So let's take a look at the properties of these um roughly 150 uh confident gravitational wave events through the last catalog. We've already seen a version of this slide from Alison's talk, but it wouldn't be an LBK talk without masses in the study here as well. Um and so already looking at the masses of all these events, we can begin to notice some interesting trends. So um we can see that the gravitational wave detected black holes which are shown in blue tend to be systematically more massive than the electromagnetically detected uh black holes which are shown in red um including some really unexpectedly massive events um that we've already heard a little bit about today. And then looking at the low mass end of this plot we can see that there are some mystery objects that are colored um both orange and blue. This is because we don't really know whether they are a black hole or a neutron star.
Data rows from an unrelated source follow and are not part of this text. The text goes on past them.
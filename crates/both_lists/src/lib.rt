// Both lists of findings, a pass over all locals for each (local_flow.rs).
#![tactic(auto)]

ghost use Rattle.std.specs.Prelude.{◌+◌, ◌≤◌, length};
ghost use Rattle.live_steps.specs.Walk.{nodes_of};
ghost use Rattle.locals.specs.Entries.{Room};
ghost use Rattle.both_lists.specs.Passes.{AnyPair, Finds, Walks};

use locals::{FindingList, PassTables, UseTable};
use next_uses::NextUses;
use overwritten::list_overwritten;
use predecessors::Links;
use search::Search;
use unassigned::list_unassigned;
use use_words::PlacedUse;

// Memory for the walks of both passes: marks of nodes, a stack of them, and the chains of predecessors.
#[derive(Drop)]
pub struct GraphWalk<'a> {
    pub visited: &'a mut [u16],
    pub stack: &'a mut [u16],
    pub chain: &'a mut [Links],
    pub used: &'a mut [u16],
    pub reads: &'a mut [u16],
    pub writes: &'a mut [u16],
}

// The findings of a pair by its tables, with the uses by node beside those in use order: unassigned ones first, then overwritten values, and the mark figures.
pub fn list_findings(
    pass: &PassTables<'_>,
    by_node: &[PlacedUse],
    walk: GraphWalk<'_>,
    findings: &mut FindingList<'_>,
    mark: &mut [u64],
)
    requires any_pair { AnyPair pass.now by_node.now }
    requires walks { Walks (nodes_of pass.now.graph) walk }
    requires room { Room (length pass.now.facts.now + (length pass.now.facts.now + 1024)) findings.old.count findings.old.words.now × (length pass.now.facts.now ≤ length mark.old) }
    ensures { Finds pass.now by_node.now findings.old findings.new mark.old mark.new }
{
    let GraphWalk {
        visited,
        stack,
        chain,
        used,
        reads,
        writes,
    } = walk;
    let mut search = Search {
        marks: visited,
        stack,
        top: 0,
        stamp: 0,
    };
    list_unassigned(pass, &mut search, findings, mark);
    let uses = UseTable {
        starts: pass.uses.starts,
        uses: by_node,
    };
    let mut marks = NextUses {
        reads,
        writes,
        stack: search.stack,
    };
    list_overwritten(
        &PassTables { uses, ..*pass },
        chain,
        used,
        &mut marks,
        findings,
    );
}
And so let's take a look at some of these particularly interesting events in a little bit more detail. Starting with one of these mystery objects. So GW230529 um was actually the first gravitational wave event that we detected at the start of the fourth observing run. Um and it is most likely the merger between a neutron star and a black hole. Um but if this is its actual interpretation, this is the most symmetric neutron star black hole merger event that we've ever observed. Um consisting of a approximately 1.4 solar mass neutron star merging with a 3.6 solar mass black hole. And the existence of this object is potentially interesting and surprising because based on uh the electromagnetic observations of neutron stars and black holes in this low mass um part of the compact object mass distribution, there was evidence for a gap between the most massive neutron stars and least massive black holes. And we called this the lower mass gap. Um well this object lies staunchly in that lower mass gap between around 3 to five solar masses. And so the existence of this 3.6 6 solar mass black hole that we've observed in gravitational waves tells us that one these kinds of objects can exist and that there's some supernova process that leads to their formation and potentially there is some um astrophysical selection effect that disfavors the presence of these kinds of objects in systems where they can be detected electromagnetically.
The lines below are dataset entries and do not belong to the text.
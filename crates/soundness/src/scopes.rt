// Scopes: a parent numbered below its child, a With among the expressions, and the names that each
// scope enters among the names.
ghost use Rattle.std.specs.Prelude.{◌≡◌, ◌+◌, ◌*◌, ◌<◌, ◌≤◌};
ghost use Rattle.words.specs.Words.{word};
ghost use Rattle.layout.specs.Layout.{entered_at, name_limit};
ghost use Rattle.soundness.specs.Sound.{all_to, name_fits, scope_fits, scopes_fit};

use crate::counted::CountedStore;
use crate::firsts::firsts_ascend;
use crate::lists::all_below;
use layout::tables::{ENTERED, NAME_LIMIT, SCOPE_ROW, SCOPES};
use module::ScopeId;
use words::get32;

impl CountedStore<'_> {
    // Parent and With stand one too high, with 0 for none.
    #[tactic(auto, unfolding(crate::specs::Sound::scope_fits))]
    fn scope_fits(&self, s: ScopeId) -> bool
        requires { s.0 < self.now.counts.scopes }
        ensures { result ≡ scope_fits self.now.store.now s.0 }
    {
        let at = SCOPES + SCOPE_ROW * (s.0 as usize);
        (get32(self.store, at + 4) <= s.0) & (get32(self.store, at + 8) <= self.counts.exprs)
    }

    fn scope_rows_fit(&self) -> bool
        ensures { result ≡ all_to (scope_fits self.now.store.now) self.now.counts.scopes }
    {
        (0..self.counts.scopes).all(|s| self.scope_fits(ScopeId(s)))
    }

    #[tactic(auto, unfolding(crate::specs::Sound::name_fits))]
    fn entered_fit(&self, n: u32) -> bool
        requires { n ≤ name_limit }
        ensures { result ≡ all_to (λ j. name_fits self.now.store.now (word self.now.store.now (entered_at + 4 * j))) n }
    {
        all_below(self.store, ENTERED, n, self.counts.names)
    }

    #[tactic(auto, unfolding(crate::specs::Sound::scopes_fit, layout::specs::Keeps::first_entered))]
    pub fn scopes_fit(&self) -> bool
        ensures { result ≡ scopes_fit self.now.store.now }
    {
        let n = self.counts.scopes;
        if !firsts_ascend(self.store, SCOPES, SCOPE_ROW, n, NAME_LIMIT) {
            return false;
        }
        let entered = get32(self.store, SCOPES + SCOPE_ROW * (n as usize));
        self.scope_rows_fit() && self.entered_fit(entered)
    }
}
Next we have GW23123 which we already heard about a little this morning. Um but this event is remarkable because it because it is likely both the most massive and the most rapidly spinning binary black hole merger. Um here you can see the posteriors on the component masses and the component spins um with different waveform models and we've already heard about the um waveform systematics for this event. Um but astrophysically this event is a little bit of a puzzle um because it is actually so massive that we think that black holes with this mass should not be able to form from direct stellar collapse. Um and if it was some kind of hierarchal merger, it's actually so rapidly spinning that it's not easy to explain this particular set of parameters from a hierarchical merger scenario. And so this event doesn't have a very clean astrophysical interpretation. Um maybe it could have formed in an AGN disc or requires some other sort of interpretation beyond the kind of two standard possibilities.
Then we also heard a little bit about this pair of events GW241011 and GW241110 um the palend drones. Um, and what I want to highlight about these events is they're very interesting spin measurements. So, um, they're both consistent with having primary spins of around.7, which is, um, this smoking bone signature of hierarchal formation.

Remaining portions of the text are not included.